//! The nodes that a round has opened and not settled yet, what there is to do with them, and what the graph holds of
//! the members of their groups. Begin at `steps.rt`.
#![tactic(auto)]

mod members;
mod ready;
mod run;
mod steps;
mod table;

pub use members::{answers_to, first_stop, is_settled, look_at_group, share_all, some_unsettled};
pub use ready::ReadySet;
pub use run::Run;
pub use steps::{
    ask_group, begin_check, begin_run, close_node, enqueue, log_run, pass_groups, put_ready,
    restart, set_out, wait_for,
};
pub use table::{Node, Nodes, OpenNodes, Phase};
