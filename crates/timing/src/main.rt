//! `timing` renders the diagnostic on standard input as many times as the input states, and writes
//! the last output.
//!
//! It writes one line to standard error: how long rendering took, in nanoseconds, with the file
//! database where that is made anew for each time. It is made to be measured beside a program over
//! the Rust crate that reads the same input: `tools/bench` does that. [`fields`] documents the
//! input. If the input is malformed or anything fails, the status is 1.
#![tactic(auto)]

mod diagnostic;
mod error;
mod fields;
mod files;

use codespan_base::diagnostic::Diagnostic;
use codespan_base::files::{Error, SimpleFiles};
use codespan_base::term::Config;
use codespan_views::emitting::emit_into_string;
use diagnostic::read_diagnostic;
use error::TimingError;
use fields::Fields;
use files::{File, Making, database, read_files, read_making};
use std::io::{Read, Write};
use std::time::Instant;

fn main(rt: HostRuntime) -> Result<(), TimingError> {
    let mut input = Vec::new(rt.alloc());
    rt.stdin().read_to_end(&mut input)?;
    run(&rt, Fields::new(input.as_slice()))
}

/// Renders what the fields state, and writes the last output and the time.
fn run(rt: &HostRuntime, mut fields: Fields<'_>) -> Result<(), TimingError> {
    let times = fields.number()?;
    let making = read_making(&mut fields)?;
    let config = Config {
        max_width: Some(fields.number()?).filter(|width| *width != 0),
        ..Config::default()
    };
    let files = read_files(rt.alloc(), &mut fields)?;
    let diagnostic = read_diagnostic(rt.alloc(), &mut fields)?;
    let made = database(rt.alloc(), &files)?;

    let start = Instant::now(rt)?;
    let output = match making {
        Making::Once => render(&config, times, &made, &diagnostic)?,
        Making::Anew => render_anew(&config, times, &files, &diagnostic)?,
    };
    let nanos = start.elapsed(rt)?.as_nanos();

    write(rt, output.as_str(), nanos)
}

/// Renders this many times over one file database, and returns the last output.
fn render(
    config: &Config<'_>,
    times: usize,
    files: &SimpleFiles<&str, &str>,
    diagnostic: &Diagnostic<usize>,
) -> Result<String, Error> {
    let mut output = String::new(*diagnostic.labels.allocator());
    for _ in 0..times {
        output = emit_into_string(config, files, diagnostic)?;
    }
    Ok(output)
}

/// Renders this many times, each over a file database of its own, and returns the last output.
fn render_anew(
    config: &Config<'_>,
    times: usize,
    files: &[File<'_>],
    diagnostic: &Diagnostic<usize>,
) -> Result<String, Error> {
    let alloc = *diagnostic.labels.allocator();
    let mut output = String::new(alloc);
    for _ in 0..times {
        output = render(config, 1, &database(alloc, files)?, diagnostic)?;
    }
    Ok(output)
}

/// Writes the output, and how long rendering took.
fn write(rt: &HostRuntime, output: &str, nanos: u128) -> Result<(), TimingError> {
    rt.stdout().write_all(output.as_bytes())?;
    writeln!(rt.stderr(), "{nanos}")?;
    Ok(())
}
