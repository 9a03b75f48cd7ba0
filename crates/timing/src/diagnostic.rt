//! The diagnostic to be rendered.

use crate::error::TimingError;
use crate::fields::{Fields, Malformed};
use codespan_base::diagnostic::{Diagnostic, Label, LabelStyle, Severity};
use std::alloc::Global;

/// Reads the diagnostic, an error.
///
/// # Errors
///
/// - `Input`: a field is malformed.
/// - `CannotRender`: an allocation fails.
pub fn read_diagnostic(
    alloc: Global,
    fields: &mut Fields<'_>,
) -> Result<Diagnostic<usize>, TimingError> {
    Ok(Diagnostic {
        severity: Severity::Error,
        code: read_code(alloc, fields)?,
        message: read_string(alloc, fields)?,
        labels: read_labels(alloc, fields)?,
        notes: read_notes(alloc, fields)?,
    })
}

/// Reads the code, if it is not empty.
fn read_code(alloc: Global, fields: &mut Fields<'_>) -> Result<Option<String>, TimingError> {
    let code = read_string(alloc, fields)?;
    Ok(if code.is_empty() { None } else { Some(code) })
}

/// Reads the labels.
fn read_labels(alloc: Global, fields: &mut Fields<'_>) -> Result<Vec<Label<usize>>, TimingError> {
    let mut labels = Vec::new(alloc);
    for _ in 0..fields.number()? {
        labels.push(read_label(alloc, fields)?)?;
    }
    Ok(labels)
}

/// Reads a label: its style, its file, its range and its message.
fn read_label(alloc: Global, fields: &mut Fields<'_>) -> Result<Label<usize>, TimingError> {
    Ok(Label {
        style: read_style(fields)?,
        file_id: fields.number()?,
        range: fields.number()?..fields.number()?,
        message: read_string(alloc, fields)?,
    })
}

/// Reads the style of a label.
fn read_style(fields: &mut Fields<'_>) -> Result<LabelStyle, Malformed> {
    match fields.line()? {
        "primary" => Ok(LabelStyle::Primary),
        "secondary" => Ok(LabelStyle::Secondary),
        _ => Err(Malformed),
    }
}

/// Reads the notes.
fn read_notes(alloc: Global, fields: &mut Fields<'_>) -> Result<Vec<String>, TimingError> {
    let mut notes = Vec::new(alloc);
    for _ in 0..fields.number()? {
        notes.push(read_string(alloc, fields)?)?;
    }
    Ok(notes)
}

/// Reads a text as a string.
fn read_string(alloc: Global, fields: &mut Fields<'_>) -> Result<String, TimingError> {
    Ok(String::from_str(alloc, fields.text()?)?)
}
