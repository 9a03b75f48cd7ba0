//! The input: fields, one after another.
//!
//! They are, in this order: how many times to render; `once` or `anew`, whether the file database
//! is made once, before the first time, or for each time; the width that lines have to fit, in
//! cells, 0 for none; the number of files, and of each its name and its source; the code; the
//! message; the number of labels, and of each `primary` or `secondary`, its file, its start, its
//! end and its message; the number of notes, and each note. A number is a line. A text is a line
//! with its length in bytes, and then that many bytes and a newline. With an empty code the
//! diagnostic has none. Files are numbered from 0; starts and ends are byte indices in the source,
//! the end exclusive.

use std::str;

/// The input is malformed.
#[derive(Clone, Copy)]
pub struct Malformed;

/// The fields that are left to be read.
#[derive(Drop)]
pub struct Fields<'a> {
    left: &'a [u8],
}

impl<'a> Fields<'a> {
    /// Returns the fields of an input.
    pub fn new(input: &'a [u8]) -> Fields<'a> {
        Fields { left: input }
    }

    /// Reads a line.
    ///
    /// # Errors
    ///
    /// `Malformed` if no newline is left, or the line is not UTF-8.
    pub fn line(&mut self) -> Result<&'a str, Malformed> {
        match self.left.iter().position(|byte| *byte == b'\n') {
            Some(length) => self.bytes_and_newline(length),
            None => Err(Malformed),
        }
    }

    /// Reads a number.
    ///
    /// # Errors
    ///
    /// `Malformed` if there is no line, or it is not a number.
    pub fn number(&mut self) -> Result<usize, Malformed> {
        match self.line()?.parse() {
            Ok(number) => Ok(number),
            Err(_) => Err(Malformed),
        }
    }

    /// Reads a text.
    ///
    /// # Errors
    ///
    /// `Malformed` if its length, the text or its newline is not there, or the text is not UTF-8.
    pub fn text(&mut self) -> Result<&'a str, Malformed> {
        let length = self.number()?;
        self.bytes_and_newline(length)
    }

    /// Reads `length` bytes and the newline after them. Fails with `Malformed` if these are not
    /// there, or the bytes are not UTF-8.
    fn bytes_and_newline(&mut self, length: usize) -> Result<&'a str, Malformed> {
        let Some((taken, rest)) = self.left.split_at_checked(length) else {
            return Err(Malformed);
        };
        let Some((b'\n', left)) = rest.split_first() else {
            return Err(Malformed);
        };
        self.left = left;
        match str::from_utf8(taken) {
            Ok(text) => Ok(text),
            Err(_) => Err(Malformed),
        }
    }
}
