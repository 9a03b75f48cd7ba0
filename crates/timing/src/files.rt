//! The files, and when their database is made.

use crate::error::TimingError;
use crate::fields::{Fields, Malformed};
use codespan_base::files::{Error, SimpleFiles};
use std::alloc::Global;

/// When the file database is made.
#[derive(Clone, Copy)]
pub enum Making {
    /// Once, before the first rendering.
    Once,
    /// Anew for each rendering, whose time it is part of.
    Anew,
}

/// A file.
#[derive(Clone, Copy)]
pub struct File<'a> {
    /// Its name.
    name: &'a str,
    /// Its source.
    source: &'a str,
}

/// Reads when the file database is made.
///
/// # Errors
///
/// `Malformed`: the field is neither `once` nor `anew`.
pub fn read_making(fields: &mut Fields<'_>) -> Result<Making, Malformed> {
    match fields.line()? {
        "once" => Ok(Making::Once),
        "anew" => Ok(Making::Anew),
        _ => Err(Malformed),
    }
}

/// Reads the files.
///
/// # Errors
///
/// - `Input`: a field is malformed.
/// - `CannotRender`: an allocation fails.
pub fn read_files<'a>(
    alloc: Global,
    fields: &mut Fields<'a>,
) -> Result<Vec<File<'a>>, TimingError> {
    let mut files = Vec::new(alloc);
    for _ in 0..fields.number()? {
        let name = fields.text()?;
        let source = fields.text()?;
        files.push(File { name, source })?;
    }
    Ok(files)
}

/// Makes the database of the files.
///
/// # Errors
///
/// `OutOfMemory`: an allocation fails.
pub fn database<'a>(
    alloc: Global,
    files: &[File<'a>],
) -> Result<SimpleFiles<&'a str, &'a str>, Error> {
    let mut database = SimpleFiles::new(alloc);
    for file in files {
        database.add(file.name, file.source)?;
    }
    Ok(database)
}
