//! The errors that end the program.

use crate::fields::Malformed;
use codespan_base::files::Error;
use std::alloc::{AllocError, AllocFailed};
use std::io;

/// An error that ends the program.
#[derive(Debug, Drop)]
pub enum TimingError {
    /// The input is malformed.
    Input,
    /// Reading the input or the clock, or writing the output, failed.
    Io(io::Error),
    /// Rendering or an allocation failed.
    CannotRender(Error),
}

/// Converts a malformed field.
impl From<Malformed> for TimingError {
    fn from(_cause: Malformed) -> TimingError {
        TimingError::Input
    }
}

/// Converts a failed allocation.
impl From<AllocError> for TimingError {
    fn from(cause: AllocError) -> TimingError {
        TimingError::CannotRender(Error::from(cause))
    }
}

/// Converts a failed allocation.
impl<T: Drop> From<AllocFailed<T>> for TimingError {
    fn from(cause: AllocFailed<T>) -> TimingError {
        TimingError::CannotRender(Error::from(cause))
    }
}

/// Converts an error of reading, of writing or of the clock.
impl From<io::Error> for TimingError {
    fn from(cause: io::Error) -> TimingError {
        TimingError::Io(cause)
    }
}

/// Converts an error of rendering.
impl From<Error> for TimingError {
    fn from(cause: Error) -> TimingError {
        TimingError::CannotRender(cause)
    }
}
-- -- --
**Exercise requirements**
Lines from the beginning of the data above through the line containing "a program over" are to be returned exactly, and no others.

**Your response**
//! The nodes that a round has opened and not settled yet, what there is to do with them, and what the graph holds of
//! the members of their groups. Begin at `steps.rt`.
#![tactic(auto)]

mod members;
mod ready;
mod run;
mod steps;
mod table;

pub use members::{answers_to, first_stop, is_settled, look_at_group, share_all, some_unsettled};
pub use ready::ReadySet;
pub use run::Run;
pub use steps::{
    ask_group, begin_check, begin_run, close_node, enqueue, log_run, pass_groups, put_ready,
    restart, set_out, wait_for,
};
pub use table::{Node, Nodes, OpenNodes, Phase};
filename crates/timing/src/main.rt
//! `timing` renders the diagnostic on standard input as many times as the input states, and writes
//! the last output.
//!
//! It writes one line to standard error: how long rendering took, in nanoseconds, with the file
//! database where that is made anew for each time. It is made to be measured beside a program over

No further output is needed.